* Data extracts *
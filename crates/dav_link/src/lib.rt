//! A connection over which messages travel both ways, as an object of the outside: what it promises, one in memory, and
//! how a message is written to it whole and waited for.
//!
//! Begin with [`Link`] and [`Message`].
#![tactic(auto)]

mod awaiting;
mod error;
mod link;
mod mem_link;
mod message;
mod receiving;
mod sending;

pub use awaiting::await_message;
pub use error::LinkErr;
pub use link::Link;
pub use mem_link::MemLink;
pub use message::Message;
pub use receiving::read_on;
pub use sending::write_message;
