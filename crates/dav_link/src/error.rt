use jop_outside::Failed;
use std::alloc::AllocError;

/// Why nothing came over a link.
#[derive(Clone, Copy, Debug, PartialEq, Eq)]
pub enum LinkErr {
    Fault,
    NoMemory,
    /// More bytes were announced than are waited for.
    TooLong,
}

impl From<AllocError> for LinkErr {
    ghost use Rattle.std.specs.Prelude.{◌≡◌};
    ghost use Rattle.dav_link.specs.declared.error.LinkErr.TheVariants.{NoMemory};

    ghost from_gives = { λ _ e. e ≡ NoMemory };

    fn from(_error: AllocError) -> LinkErr {
        LinkErr::NoMemory
    }
}

impl From<Failed> for LinkErr {
    ghost use Rattle.std.specs.Prelude.{◌≡◌};
    ghost use Rattle.dav_link.specs.declared.error.LinkErr.TheVariants.{Fault};

    ghost from_gives = { λ _ e. e ≡ Fault };

    fn from(_error: Failed) -> LinkErr {
        LinkErr::Fault
    }
}
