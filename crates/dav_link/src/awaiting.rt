ghost use Rattle.std.specs.Prelude.{IfOk};
ghost use Rattle.dav_link.specs.Awaiting.{AwaitsHead, AwaitsMessage, HasHead, OpensOrNot};

use crate::error::LinkErr;
use crate::link::Link;
use crate::message::Message;
use crate::receiving::read_on;
use jop_base::Bytes;
use std::alloc::{AllocError, Global};

/// Whether no head is whole, and one may still be.
fn is_open<M: Message>(alloc: Global, message: &M, bytes: &[u8]) -> Result<bool, AllocError>
    ensures { IfOk result (OpensOrNot (M.reads message.now) bytes.now) }
{
    match message.missing(bytes) {
        Some(_) => Ok(false),
        None => {
            let more = message.is_more(alloc, bytes)?;
            Ok(more)
        }
    }
}

/// Reads until the head is whole, or no head can be: false if the link ended before.
fn await_head<L: Link, M: Message>(
    alloc: Global,
    link: &mut L,
    message: &M,
    kept: &mut Bytes,
) -> Result<bool, LinkErr>
    ensures { AwaitsHead (M.reads message.now) (L.state link.old) kept.old result
        (L.state link.new) kept.new }
{
    while is_open(alloc, message, kept.as_slice())? {
        if !read_on(link, kept, 1)? {
            return Ok(false);
        }
    }
    Ok(true)
}

/// Reads until the body is whole too: false if the link ended before.
fn await_body<L: Link, M: Message>(
    link: &mut L,
    message: &M,
    kept: &mut Bytes,
) -> Result<bool, LinkErr>
    requires { HasHead (M.reads message.now) kept.old }
    ensures { AwaitsMessage (M.reads message.now) (L.state link.old) kept.old result
        (L.state link.new) kept.new }
{
    match message.missing(kept.as_slice()) {
        None => Ok(true),
        Some(missing) => {
            if missing > message.limit() {
                return Err(LinkErr::TooLong);
            }
            let came = read_on(link, kept, missing)?;
            Ok(came)
        }
    }
}

/// Reads until the bytes that are kept begin with a whole message, or with one that is refused: false if
/// the link ended before. `Fault` if the link failed, `NoMemory` if the bytes couldn't be kept, `TooLong` if
/// the head tells that more are missing than the message's limit.
pub fn await_message<L: Link, M: Message>(
    alloc: Global,
    link: &mut L,
    message: &M,
    kept: &mut Bytes,
) -> Result<bool, LinkErr>
    ensures { AwaitsMessage (M.reads message.now) (L.state link.old) kept.old result
        (L.state link.new) kept.new }
{
    if !await_head(alloc, link, message, kept)? {
        return Ok(false);
    }
    let came = await_body(link, message, kept)?;
    Ok(came)
}
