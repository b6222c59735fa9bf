// The calls that programs in C make: numbers and byte slices in, one struct of five numbers out. include/gorbihesh.h says what each takes,
// promises and refuses. Each is thin over the crate that does the work, asks for nothing, and leaves what its definition says.
#![tactic(auto)]

ghost use Rattle.std.specs.Prelude.{◌≡◌};
ghost use Rattle.rules.specs.Numbers.{parse_room, rewrite_room, select_room};
ghost use Rattle.rules.specs.Rewriting.{original, strictly};
ghost use Rattle.rules.specs.Answers.{parse_left, rewrite_left, select_left};
ghost use Rattle.gorbihesh.specs.Edge.{left, Told, version};

use names::{PARSE_ROOM, REWRITE_ROOM, SELECT_ROOM};
use parser::parse::parse;
use rewriter::rounds::{ORIGINAL, STRICT, rewrite};
use selection::select::select_bytes;

// The refusal's number or 0, the bytes written, the records chosen, the rounds made, the place of a text's fault or 0.
// Stays: the C interface has the refusal as a number (include/gorbihesh.h), and a rewriting and a strict one as two calls.
#[repr(C)]
#[derive(Drop)]
pub struct Answer {
    pub refusal: u32,
    pub length: u32,
    pub count: u32,
    pub rounds: u32,
    pub place: u32,
}

// A row is a record's number.
const ROW_BYTES: u32 = 4;

fn told(refusal: u32, length: u32, count: u32, rounds: u32, place: u32) -> Answer
    ensures { Told refusal length count rounds place result.refusal result.length result.count result.rounds result.place }
{
    Answer {
        refusal,
        length,
        count,
        rounds,
        place,
    }
}

#[unsafe(no_mangle)]
pub extern "C" fn gorbihesh_parse(
    operator: u8,
    analyzer: u8,
    field: &[u8],
    fields: &[u8],
    text: &[u8],
    out: &mut [u8],
    room: &mut [u8],
) -> Answer
    ensures { left result.refusal result.length result.count result.rounds result.place out.new room.new ≡ parse_left operator analyzer field.now fields.now text.now out.old room.old }
{
    match parse(operator, analyzer, field, fields, text, out, room) {
        Err(e) => told(u32::from(u8::from(e.refusal)), 0, 0, 0, e.place as u32),
        Ok(len) => told(0, len as u32, 0, 0, 0),
    }
}

// Rewriting in either way.
fn rewrite_by(strict: bool, query: &[u8], out: &mut [u8], room: &mut [u8]) -> Answer
    ensures { left result.refusal result.length result.count result.rounds result.place out.new room.new ≡ rewrite_left strict query.now out.old room.old }
{
    match rewrite(strict, query, out, room) {
        Err(e) => told(u32::from(u8::from(e)), 0, 0, 0, 0),
        Ok(a) => told(0, a.len as u32, 0, a.rounds as u32, 0),
    }
}

#[unsafe(no_mangle)]
pub extern "C" fn gorbihesh_rewrite(query: &[u8], out: &mut [u8], room: &mut [u8]) -> Answer
    ensures { left result.refusal result.length result.count result.rounds result.place out.new room.new ≡ rewrite_left original query.now out.old room.old }
{
    rewrite_by(ORIGINAL, query, out, room)
}

#[unsafe(no_mangle)]
pub extern "C" fn gorbihesh_rewrite_strict(query: &[u8], out: &mut [u8], room: &mut [u8]) -> Answer
    ensures { left result.refusal result.length result.count result.rounds result.place out.new room.new ≡ rewrite_left strictly query.now out.old room.old }
{
    rewrite_by(STRICT, query, out, room)
}

#[unsafe(no_mangle)]
pub extern "C" fn gorbihesh_select(
    query: &[u8],
    list: &[u8],
    rows: &mut [u8],
    room: &mut [u8],
) -> Answer
    ensures { left result.refusal result.length result.count result.rounds result.place rows.new room.new ≡ select_left query.now list.now rows.old room.old }
{
    match select_bytes(query, list, rows, room) {
        Err(r) => told(u32::from(u8::from(r)), 0, 0, 0, 0),
        Ok(count) => told(0, ROW_BYTES * count as u32, count as u32, 0, 0),
    }
}

// ---- the version

#[unsafe(no_mangle)]
pub extern "C" fn gorbihesh_version() -> u32
    ensures { result ≡ version }
{
    2000000
}

// ---- the rooms

#[unsafe(no_mangle)]
pub extern "C" fn gorbihesh_parse_room() -> usize
    ensures { result ≡ parse_room }
{
    PARSE_ROOM
}

#[unsafe(no_mangle)]
pub extern "C" fn gorbihesh_rewrite_room() -> usize
    ensures { result ≡ rewrite_room }
{
    REWRITE_ROOM
}

#[unsafe(no_mangle)]
pub extern "C" fn gorbihesh_rewrite_strict_room() -> usize
    ensures { result ≡ rewrite_room }
{
    REWRITE_ROOM
}

#[unsafe(no_mangle)]
pub extern "C" fn gorbihesh_select_room() -> usize
    ensures { result ≡ select_room }
{
    SELECT_ROOM
}
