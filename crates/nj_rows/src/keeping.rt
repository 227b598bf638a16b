//! The rows that a step keeps: the first of them, and of each bucket no more than a quota.
ghost use Rattle.std.specs.Prelude.{◌≡◌, ◌+◌, ◌<◌, ◌≤◌, List, length, take, drop, min, get_or, is_ok, if◌then◌else◌};
ghost use Rattle.std.specs.HashMap.{IsEmpty, spare};
ghost use Rattle.nj_search_defs.specs.Order.{in_order};
ghost use Rattle.nj_search_defs.specs.Quota.{kept_with, limited};
ghost use Rattle.nj_rows.specs.declared.Row.{Row};
ghost use Rattle.nj_rows.specs.Order.{is_row_before, is_alike_row};
ghost use Rattle.nj_rows.specs.Keeping.{AreCounted};

use crate::{Row, keep, order};
use std::alloc::{AllocError, Global};
use std::collections::HashMap;

/// Leaves of the rows, taken by [`order`], at most `n`, and of those with one bucket at most `quota`,
/// in order. All memory is taken before a row is moved: after want of memory the rows are as before.
/// None is taken where the quota is no less than `n`.
pub fn keep_quota(
    alloc: Global,
    rows: &mut Vec<Row>,
    n: usize,
    quota: u32,
) -> Result<(), AllocError>
    ensures { rows.new.items
        ≡ (if is_ok result then limited is_alike_row n quota (in_order is_row_before rows.old.items)
        else rows.old.items) }
{
    if n <= quota as usize {
        keep(rows, n);
        return Ok(());
    }
    let mut counts = HashMap::with_capacity(alloc, n.min(rows.len()))?;
    rows.sort_unstable_by(|a, b| order(a, b));
    let kept = gather(rows, &mut counts, n, quota);
    rows.truncate(kept);
    Ok(())
}

// Moves the rows that are kept to the front, and tells how many they are.
fn gather(rows: &mut Vec<Row>, counts: &mut HashMap<[i32; 4], u32>, n: usize, quota: u32) -> usize
    requires uncounted { IsEmpty counts.old }
    requires room { min n (length rows.old.items) ≤ spare counts.old }
    ensures { take result rows.new.items ≡ limited is_alike_row n quota rows.old.items }
{
    let mut kept = 0;
    for place in 0..rows.len() {
        kept = keep_next(rows, counts, place, kept, n, quota);
    }
    kept
}

// Moves the row at a place behind those that are kept, if it may be kept, and tells how many are kept then.
fn keep_next(
    rows: &mut Vec<Row>,
    counts: &mut HashMap<[i32; 4], u32>,
    place: usize,
    kept: usize,
    n: usize,
    quota: u32,
) -> usize
    requires inside { place < length rows.old.items }
    requires below { kept ≤ place }
    requires counted { AreCounted rows.old.items counts.old n kept }
    ensures kept { (default : Row) → take result rows.new.items
        ≡ kept_with is_alike_row n quota (take kept rows.old.items) (get_or rows.old.items place default) }
    ensures rest { drop (place + 1) rows.new.items ≡ drop (place + 1) rows.old.items }
    ensures long { length rows.new.items ≡ length rows.old.items }
    ensures below { result ≤ place + 1 }
    ensures counted { AreCounted rows.new.items counts.new n result }
{
    let row = rows[place];
    let count = counts.get(&row.bucket).copied().unwrap_or(0);
    if kept >= n || count >= quota {
        return kept;
    }
    let _ = counts.insert(row.bucket, count + 1);
    rows[kept] = row;
    kept + 1
}
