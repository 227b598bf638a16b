//! The rows of a step: what the search keeps of each candidate, the order of rows, the most preferred
//! of them, with no more of one bucket than a quota, and the winner. Only [`keep_quota`] takes memory.
//!
//! The definitions to read first are `row_order` in `specs/Order.antt`, and `limited` of nj_search_defs,
//! which says what is kept under a quota.
#![tactic(auto)]

mod keeping;

ghost use Rattle.std.specs.Prelude.{◌≡◌, ◌≢◌, ◌↔◌, false, List, All, take, filter, slice_get, None};
ghost use Rattle.std.specs.List.Sorted.{IsPermutation};
ghost use Rattle.nj_search_defs.specs.Order.{in_order, is_preferred};
ghost use Rattle.nj_rows.specs.declared.Row.{Row};
ghost use Rattle.nj_rows.specs.Order.{is_win_row, place_of, preference, remainder, row_order, is_row_before};
ghost use Rattle.nj_rows.specs.Best.{first, better};

pub use keeping::keep_quota;
use std::cmp::Ordering;

/// How a candidate is judged: it goes on, it wins or it fails.
#[derive(Clone, Copy, Debug, PartialEq, Eq)]
pub enum Verdict3 {
    Go,
    Win,
    Fail,
}

/// What the search keeps of a candidate.
#[derive(Clone, Copy, Debug, PartialEq, Eq)]
pub struct Row {
    /// 256 times the place of its parent in the front, and the place of its pad among those allowed there.
    pub number: u64,
    /// The key by which repeated states are dropped.
    pub key: u64,
    pub reward: i64,
    /// The number of checkpoints that it has met.
    pub level: u32,
    pub verdict: Verdict3,
    /// The byte of its last pad.
    pub pad: u8,
    /// The values of the script's bucket properties in its state, in their order; unused places are 0.
    pub bucket: [i32; 4],
}

/// The order of rows: greater reward first, then smaller number, then the other fields.
#[tactic(auto, unfolding(crate::specs::Order::row_order))]
pub fn order(a: &Row, b: &Row) -> Ordering
    ensures { result ≡ row_order a.now b.now }
{
    preference_of(a, b).then(remainder_of(a, b))
}

// The order by reward and number.
#[tactic(auto, unfolding(crate::specs::Order::preference))]
fn preference_of(a: &Row, b: &Row) -> Ordering
    ensures { result ≡ preference a.now b.now }
{
    b.reward.cmp(&a.reward).then(a.number.cmp(&b.number))
}

// The order by the other fields.
#[tactic(auto, unfolding(crate::specs::Order::remainder))]
fn remainder_of(a: &Row, b: &Row) -> Ordering
    ensures { result ≡ remainder a.now b.now }
{
    let by_key = a.key.cmp(&b.key).then(a.level.cmp(&b.level));
    let by_verdict = place(a.verdict).cmp(&place(b.verdict));
    let by_pad = by_verdict.then(a.pad.cmp(&b.pad));
    by_key.then(by_pad.then(a.bucket.cmp(&b.bucket)))
}

// The place of a verdict in the order.
fn place(verdict: Verdict3) -> u8
    ensures { result ≡ place_of verdict }
{
    match verdict {
        Verdict3::Go => 0,
        Verdict3::Win => 1,
        Verdict3::Fail => 2,
    }
}

/// Leaves the first `n` rows by [`order`], in order.
pub fn keep(rows: &mut Vec<Row>, n: usize)
    ensures { rows.new.items ≡ take n (in_order is_row_before rows.old.items) }
{
    rows.sort_unstable_by(|a, b| order(a, b));
    rows.truncate(n);
}

/// The first Win row by [`order`].
pub fn winner(rows: &[Row]) -> Option<Row>
    ensures first { result ≡ slice_get (in_order is_row_before (filter is_win_row rows.now)) 0 }
    ensures none { (result ≡ None) ↔ All (λ row. is_win_row row ≡ false) rows.now }
{
    let mut best = None;
    let mut left = rows.len();
    while left > 0 {
        left -= 1;
        best = better_of(rows[left], best);
    }
    best
}

// The row, if it wins and stands before the best of the others.
fn better_of(row: Row, best: Option<Row>) -> Option<Row>
    ensures { result ≡ better row best }
{
    match row.verdict {
        Verdict3::Go | Verdict3::Fail => best,
        Verdict3::Win => Some(first_of(row, best)),
    }
}

// The row, or the best of the others where that one is not after it.
fn first_of(row: Row, best: Option<Row>) -> Row
    ensures { result ≡ first row best }
{
    match best {
        None => row,
        Some(other) => if order(&row, &other).is_lt() {
            row
        } else {
            other
        },
    }
}

/// The rows of a list in order are the same whatever order they come in.
pub fn any_order_is_one()
    ensures { (xs ys : List Row) → IsPermutation xs ys → in_order is_row_before xs ≡ in_order is_row_before ys }
{}

/// Rows of different numbers stand in the order in which their candidates are preferred.
pub fn order_is_preference()
    ensures { (a b : Row) → a.number ≢ b.number
        → is_row_before a b ≡ is_preferred a.reward a.number b.reward b.number }
{}

#[cfg(test)]
mod tests {
    use super::*;
    use std::test::Fail;

    // A row of this number, reward and verdict.
    fn row(number: u64, reward: i64, verdict: Verdict3) -> Row {
        Row {
            number,
            key: 7,
            reward,
            level: 0,
            verdict,
            pad: 1,
            bucket: [0; 4],
        }
    }

    #[test]
    fn equal_rewards_are_kept_by_number(rt: HostRuntime) -> Result<(), Fail> {
        let first = row(3, 50, Verdict3::Win);
        let second = row(9, 50, Verdict3::Go);
        let third = row(1, -2, Verdict3::Win);
        let mut rows = vec![in rt.alloc(); second, third, first]?;
        assert_eq!(rt; winner(rows.as_slice()), Some(first));
        keep(&mut rows, 2);
        assert_eq!(rt; rows.as_slice(), [first, second].as_slice());
        assert_eq!(rt; winner(&rows[1..]), None);
        assert!(rt; order(&second, &third).is_lt());
        Ok(())
    }

    // A row of this number, reward and bucket.
    fn placed(number: u64, reward: i64, value: i32) -> Row {
        let mut row = row(number, reward, Verdict3::Go);
        row.bucket[0] = value;
        row
    }

    #[test]
    fn a_full_bucket_keeps_no_more(rt: HostRuntime) -> Result<(), Fail> {
        let first = placed(0, 9, 5);
        let second = placed(1, 8, 5);
        let third = placed(2, 7, -5);
        let mut rows = vec![in rt.alloc(); third, second, first]?;
        keep_quota(rt.alloc(), &mut rows, 2, 1)?;
        assert_eq!(rt; rows.as_slice(), [first, third].as_slice());
        Ok(())
    }
}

* Task item *
Your answer must consist solely of the lines above between the line holding "let by_verdict = place(a.verdict).cmp(&place(b.verdict));" and the line holding "Verdict3::Go | Verdict3::Fail", inclusive, copied exactly.

* Result of this task *
    let by_verdict = place(a.verdict).cmp(&place(b.verdict));
    let by_pad = by_verdict.then(a.pad.cmp(&b.pad));
    by_key.then(by_pad.then(a.bucket.cmp(&b.bucket)))
}

// The place of a verdict in the order.
fn place(verdict: Verdict3) -> u8
    ensures { result ≡ place_of verdict }
{
    match verdict {
        Verdict3::Go => 0,
        Verdict3::Win => 1,
        Verdict3::Fail => 2,
    }
}

/// Leaves the first `n` rows by [`order`], in order.
pub fn keep(rows: &mut Vec<Row>, n: usize)
    ensures { rows.new.items ≡ take n (in_order is_row_before rows.old.items) }
{
    rows.sort_unstable_by(|a, b| order(a, b));
    rows.truncate(n);
}

/// The first Win row by [`order`].
pub fn winner(rows: &[Row]) -> Option<Row>
    ensures first { result ≡ slice_get (in_order is_row_before (filter is_win_row rows.now)) 0 }
    ensures none { (result ≡ None) ↔ All (λ row. is_win_row row ≡ false) rows.now }
{
    let mut best = None;
    let mut left = rows.len();
    while left > 0 {
        left -= 1;
        best = better_of(rows[left], best);
    }
    best
}

// The row, if it wins and stands before the best of the others.
fn better_of(row: Row, best: Option<Row>) -> Option<Row>
    ensures { result ≡ better row best }
{
    match row.verdict {
        Verdict3::Go | Verdict3::Fail => best,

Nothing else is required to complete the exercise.